Martinez v. City of Cheyenne

URBIGKIT, Justice,

concurring.

I concur in the decision and generally in the basic logic developed for resolution. However, I write further to reject any supposition contained in the statements of the majority opinion that the legislature can, by limiting legislation, control rights of access for citizens to enforce guarantees of the Wyoming Constitution.1 Constitutional rights are not subject to validation at the whim of the state legislative authorization. Discussion to the contrary in the majority opinion is clearly unprepossessing dictum for the decision rendered here where the appeal is not constitutional in concept. Compare Cooney v. Park County, Wyoming, 792 P.2d 1287 (Wyo.1990), Urbigkit, J., dissenting, with White v. State, 784 P.2d 1313 (Wyo.1989), Urbigkit J., dissenting.

The modern persuasion of state jurists generally recognizes that the foundational support for maintenance of state constitutional guarantees has become their primary, and not a secondary, responsibility as now effectively recognized after prodding from the federal judiciary. As Justice William J. Brennan, Jr. stated in the foreword in J. Grodin, In Pursuit of Justice, xiv-xv (1989):

The very premise of the cases that foreclose federal remedies constitutes a clear call to state courts to step into the breach. With the federal locus of our double protection weakened, our liberties may suffer irretrievably if the state courts are not quick to take on the challenge the United States Supreme Court has laid down. * * *
Thus, the significance of the role of state courts in dispensing justice becomes greater each day. Without de*964tracting in the slightest from the work of the federal courts, it is fair to say that the decisions that affect people’s day-today lives most fundamentally are increasingly made by state courts.

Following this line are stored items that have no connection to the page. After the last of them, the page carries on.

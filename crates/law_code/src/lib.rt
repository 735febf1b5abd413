//! Laws of linked packages: what linking one more leaves of the others, that all entries resolve, and which methods of the platform classes
//! reach. Laws of code that runs for an applet: what it leaves as it is, what an open transaction takes back, and which tries of PINs outlast it.
#![tactic(auto)]

mod byte_file;
mod class_laws;
mod isolation_laws;
mod method_laws;
mod pin_update_laws;
mod resolution_laws;
mod transaction_laws;

pub use byte_file::{ByteFile, a_store_begins_in_step};
pub use class_laws::{
    applets_of_linked_packages_have_aids, fields_are_cells_of_their_kind,
    instances_have_the_cells_of_the_platform, linked_packages_know_their_classes,
    methods_of_the_platform_are_reached_by_their_classes,
};
pub use isolation_laws::{
    array_instructions_leave_objects_out_of_reach, contexts_are_isolated,
    entries_resolve_to_static_methods, field_instructions_leave_objects_out_of_reach,
    object_instructions_leave_objects_out_of_reach, objects_left_alone_keep_their_cells,
    platform_methods_leave_objects_out_of_reach, runs_are_steps, steps_leave_objects_out_of_reach,
};
pub use method_laws::{
    classes_of_the_platform_have_no_code, linked_packages_know_their_methods,
    platform_tokens_are_bytes, tables_without_the_line_have_no_further_names,
    virtual_calls_run_the_method_of_their_receiver,
};
pub use pin_update_laws::wrong_guesses_take_a_try_for_good;
pub use resolution_laws::{
    all_entries_resolve, fields_of_the_platform_have_no_names, look_ups_stay_with_one_more_package,
};
pub use transaction_laws::{
    code_keeps_the_order_of_transactions, heaps_after_a_loss_differ_in_what_was_set_for_good,
    what_a_transaction_found_stays,
};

It is for us to recognize that responsibility for the Wyoming Constitution is the absolute obligation of this state judiciary within the oath of office which each person honored by appointment provides to protect and defend. This subject is pervasively and appropriately addressed by the Michigan Supreme Court in Smith v. Department of Public Health, 428 Mich. 540, 410 N.W.2d 749 (1987), cert. granted sub nom. Will v. Michigan Department of State Police, 485 U.S. 1005, 108 S.Ct. 1466, 99 L.Ed.2d 696 (1988), judgment aff'd sub nom. Will v. Michigan Department of State Police, — U.S. —, 109 S.Ct. 2304, 105 L.Ed.2d 45 (1989). See Widgeon v. Eastern Shore Hosp. Center, 300 Md. 520, 479 A.2d 921 (1984). See also Marbury v. Madison, 1 Cranch 137, 5 U.S. 137, 2 L.Ed. 60 (1803) and the foundational construction of the controlling philosophy developed by Bivens v. Six Unknown Named Agents of Federal Bureau of Narcotics, 403 U.S. 388, 91 S.Ct. 1999, 29 L.Ed.2d 619 (1971).

Any suggestion that the legislature can legislatively amend the Wyoming Constitution by either negative enactment or denial of affirmative access legislation is not only unacceptable in concept, but contrary to the state jurist’s judicial responsibility. I am absolutely committed to a basic philosophy that constitutional wrongs are always subject to correction by the judiciary as the independent third branch of government in our democratic constitutional society. If not, we have no real present constitutional government or realistic promise of a continued democratic society.

. "[A]ny action against the State must be authorized by the legislature and that courts are without jurisdiction to proceed in any case that has not been so authorized."